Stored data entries
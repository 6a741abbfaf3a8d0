//! The program on texts that may not be there, and on words that can't be had.
ghost use Rattle.std.specs.Prelude.{None};

use crate::program::Answer;
use pci_base::failures::Failures;
use pci_dump::std_streams::Outgoing;
use pci_dump::streams::{Failed, Source};
use pciplan_cli::opened::Opening;
use pciplan_cli::outside::Outside;
use pciplan_cli::program::program;
use std::alloc::AllocError;
use std::io;
use std::io::{ErrorKind, Read};
use std::test::Fail;
use test_support::example::{DUMP, LISTING, PROBE};

/// Texts by their paths, of which one is opened. While none is, it reads as if it were empty.
#[derive(Drop)]
pub struct Shelf<'a> {
    texts: &'a [(&'a str, &'a str)],
    rest: &'a [u8],
    failed: Failures,
}

impl<'a> Shelf<'a> {
    pub fn closed(texts: &'a [(&'a str, &'a str)]) -> Shelf<'a> {
        Shelf {
            texts,
            rest: &[],
            failed: Failures::new(),
        }
    }
}

impl Source for Shelf<'_> {
    ghost left = { λ _. None };

    ghost failures = { λ s. s.failed.count };

    fn read(&mut self, buf: &mut [u8]) -> Result<usize, Failed> {
        if let Ok(count) = self.rest.read(buf) {
            return Ok(count);
        }
        self.failed = self.failed.and_one();
        Err(Failed)
    }
}

impl Opening for Shelf<'_> {
    ghost stands = { λ _ _. Unit {0} };

    ghost bytes_at = { λ _ _. None };

    fn open(&mut self, path: &str) -> Result<(), Failed> {
        if let Some(entry) = self.texts.iter().find(|entry| entry.0 == path) {
            self.rest = entry.1.as_bytes();
            return Ok(());
        }
        self.failed = self.failed.and_one();
        Err(Failed)
    }
}

/// The words of a line.
fn words_of(rt: &impl AllocGlobal, words: &[&str]) -> Result<Vec<String>, AllocError> {
    let mut owned = Vec::new(rt.alloc());
    for word in words {
        owned.push(String::from_str(rt.alloc(), word)?)?;
    }
    Ok(owned)
}

/// What the program answers to words, where these texts can be opened.
fn answer(rt: &impl AllocGlobal, words: io::Result<Vec<String>>, texts: &[(&str, &str)]) -> Answer {
    let mut out = Vec::new(rt.alloc());
    let mut err = Vec::new(rt.alloc());
    let status = {
        let mut outside = Outside {
            dump: Shelf::closed(texts),
            second: Shelf::closed(texts),
            third: Shelf::closed(texts),
            machine: (),
            out: Outgoing::new(&mut out),
            err: Outgoing::new(&mut err),
        };
        program(rt.alloc(), words, &mut outside)
    };
    Answer { status, out, err }
}

/// Whether that is what is wanted on standard output and on standard error, and the status.
fn is_left(got: &Answer, out: &str, err: &str, status: u8) -> bool {
    got.out.as_slice() == out.as_bytes()
        && got.err.as_slice() == err.as_bytes()
        && got.status == status
}

/// Whether a command is refused so where these texts can be opened.
fn is_refused(
    rt: &impl AllocGlobal,
    command: &str,
    texts: &[(&str, &str)],
    err: &str,
    status: u8,
) -> Result<bool, AllocError> {
    let words = words_of(rt, &[command, "d", "p"])?;
    Ok(is_left(&answer(rt, Ok(words), texts), "", err, status))
}

#[test]
fn each_path_opens_its_own_text(rt: HostRuntime) -> Result<(), Fail> {
    let texts = [("p", PROBE), ("d", DUMP)];
    for (command, out) in [("check", "yes\n"), ("size", PROBE), ("show", LISTING)] {
        let words = words_of(&rt, &[command, "d", "p"])?;
        assert!(rt; is_left(&answer(&rt, Ok(words), &texts), out, "", 0));
    }
    Ok(())
}

#[test]
fn a_text_that_cant_be_opened_is_one_that_cant_be_read(rt: HostRuntime) -> Result<(), Fail> {
    let dump = "pciplan: dump: 1 Io\n";
    let probe = "pciplan: probe: 1 Io\n";
    for command in ["show", "check", "size"] {
        assert!(rt; is_refused(&rt, command, &[("p", PROBE)], dump, 4)?);
        assert!(rt; is_refused(&rt, command, &[("d", DUMP)], probe, 4)?);
        // the dump's goes first
        assert!(rt; is_refused(&rt, command, &[], dump, 4)?);
        // and so does a fault of its text
        let cut = "pciplan: dump: 9 Ended 1\n";
        assert!(rt; is_refused(&rt, command, &[("d", "00:01.0")], cut, 2)?);
    }
    Ok(())
}

#[test]
fn words_that_cant_be_had_are_refused(rt: HostRuntime) -> Result<(), Fail> {
    let texts = [("p", PROBE), ("d", DUMP)];
    for (kind, err, status) in [
        (ErrorKind::OutOfMemory, "pciplan: 2 Memory\n", 3),
        (ErrorKind::InvalidData, "pciplan: usage\n", 2),
    ] {
        let got = answer(&rt, Err(io::Error::from(kind)), &texts);
        assert!(rt; is_left(&got, "", err, status));
    }
    let got = answer(&rt, Ok(words_of(&rt, &["check", "d"])?), &texts);
    assert!(rt; is_left(&got, "", "pciplan: usage\n", 2));
    Ok(())
}

/// Whether a command with a third text is refused so where these texts can be opened.
fn is_refused_with(
    rt: &impl AllocGlobal,
    command: &str,
    texts: &[(&str, &str)],
    err: &str,
    status: u8,
) -> Result<bool, AllocError> {
    let words = words_of(rt, &[command, "d", "p", "--also", "t"])?;
    Ok(is_left(&answer(rt, Ok(words), texts), "", err, status))
}

#[test]
fn a_third_text_is_refused_behind_the_other_two(rt: HostRuntime) -> Result<(), Fail> {
    let also = "pciplan: also: 1 Io\n";
    let cut = "pciplan: also: 9 Ended 1\n";
    let probe = "pciplan: probe: 9 Ended 1\n";
    for command in ["faults", "map"] {
        let texts = [("d", DUMP), ("p", PROBE)];
        assert!(rt; is_refused_with(&rt, command, &texts, also, 4)?);
        let texts = [("d", DUMP), ("p", PROBE), ("t", "00:01.0")];
        assert!(rt; is_refused_with(&rt, command, &texts, cut, 2)?);
        // where the probe has a fault too, that one is told
        let texts = [("d", DUMP), ("p", "00:01.0"), ("t", "00:01.0")];
        assert!(rt; is_refused_with(&rt, command, &texts, probe, 2)?);
        let texts = [("d", DUMP), ("p", "00:01.0")];
        assert!(rt; is_refused_with(&rt, command, &texts, probe, 2)?);
    }
    Ok(())
}

#[test]
fn a_third_text_is_opened_by_its_path(rt: HostRuntime) -> Result<(), Fail> {
    let texts = [
        ("t", "00:01.0 io 00000000-0000000f held\n"),
        ("p", PROBE),
        ("d", DUMP),
    ];
    let words = words_of(&rt, &["map", "d", "p", "--also", "t"])?;
    let got = answer(&rt, Ok(words), &texts);
    assert!(rt; got.status == 0);
    assert!(rt; got.err.is_empty());
    Ok(())
}

/// The words of a settling beside what a third text tells.
const SETTLE: &[&str] = &[
    "settle", "d", "p", "--io", "none", "--mem", "none", "--pref", "none", "--also", "t",
];

#[test]
fn a_third_text_of_a_settling_is_refused_like_that(rt: HostRuntime) -> Result<(), Fail> {
    let texts = [("d", DUMP), ("p", PROBE), ("t", "00:01.0")];
    let got = answer(&rt, Ok(words_of(&rt, SETTLE)?), &texts);
    assert!(rt; is_left(&got, "", "pciplan: also: 9 Ended 1\n", 2));
    let got = answer(&rt, Ok(words_of(&rt, SETTLE)?), &texts[..2]);
    assert!(rt; is_left(&got, "", "pciplan: also: 1 Io\n", 4));
    Ok(())
}

/// The words of a settling in 4 MB where all is placed anew beside what a third text tells.
const SETTLE_ANEW: &[&str] = &[
    "settle",
    "d",
    "p",
    "--io",
    "none",
    "--mem",
    "fe000000-fe3fffff",
    "--pref",
    "none",
    "--anew",
    "--also",
    "t",
    "--writes",
];

/// The writes of that settling where somebody is at the beginning of the 4 MB.
const MOVED: &str = "00:02.0 04.2 0000
00:02.0 10.4 fe100008
00:02.0 04.2 0002
";

#[test]
fn all_is_placed_anew_beside_a_third_text(rt: HostRuntime) -> Result<(), Fail> {
    let held = "00:1f.0 mem 00000000fe000000-00000000fe000fff held\n";
    let texts = [("d", DUMP), ("p", PROBE), ("t", held)];
    let got = answer(&rt, Ok(words_of(&rt, SETTLE_ANEW)?), &texts);
    assert!(rt; is_left(&got, MOVED, "", 0));
    Ok(())
}

#[test]
fn a_third_text_of_that_is_refused_behind_the_other_two(rt: HostRuntime) -> Result<(), Fail> {
    let texts = [("d", DUMP), ("p", PROBE), ("t", "00:01.0")];
    let got = answer(&rt, Ok(words_of(&rt, SETTLE_ANEW)?), &texts);
    assert!(rt; is_left(&got, "", "pciplan: also: 9 Ended 1\n", 2));
    let got = answer(&rt, Ok(words_of(&rt, SETTLE_ANEW)?), &texts[..1]);
    assert!(rt; is_left(&got, "", "pciplan: probe: 1 Io\n", 4));
    Ok(())
}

Work item:
From the data above, return every line from the line that has "use crate::program::Answer;" up to and including the line that has "fn words_of(rt: &impl", exactly.

Result:
use crate::program::Answer;
use pci_base::failures::Failures;
use pci_dump::std_streams::Outgoing;
use pci_dump::streams::{Failed, Source};
use pciplan_cli::opened::Opening;
use pciplan_cli::outside::Outside;
use pciplan_cli::program::program;
use std::alloc::AllocError;
use std::io;
use std::io::{ErrorKind, Read};
use std::test::Fail;
use test_support::example::{DUMP, LISTING, PROBE};

/// Texts by their paths, of which one is opened. While none is, it reads as if it were empty.
#[derive(Drop)]
pub struct Shelf<'a> {
    texts: &'a [(&'a str, &'a str)],
    rest: &'a [u8],
    failed: Failures,
}

impl<'a> Shelf<'a> {
    pub fn closed(texts: &'a [(&'a str, &'a str)]) -> Shelf<'a> {
        Shelf {
            texts,
            rest: &[],
            failed: Failures::new(),
        }
    }
}

impl Source for Shelf<'_> {
    ghost left = { λ _. None };

    ghost failures = { λ s. s.failed.count };

    fn read(&mut self, buf: &mut [u8]) -> Result<usize, Failed> {
        if let Ok(count) = self.rest.read(buf) {
            return Ok(count);
        }
        self.failed = self.failed.and_one();
        Err(Failed)
    }
}

impl Opening for Shelf<'_> {
    ghost stands = { λ _ _. Unit {0} };

    ghost bytes_at = { λ _ _. None };

    fn open(&mut self, path: &str) -> Result<(), Failed> {
        if let Some(entry) = self.texts.iter().find(|entry| entry.0 == path) {
            self.rest = entry.1.as_bytes();
            return Ok(());
        }
        self.failed = self.failed.and_one();
        Err(Failed)
    }
}

/// The words of a line.
fn words_of(rt: &impl AllocGlobal, words: &[&str]) -> Result<Vec<String>, AllocError> {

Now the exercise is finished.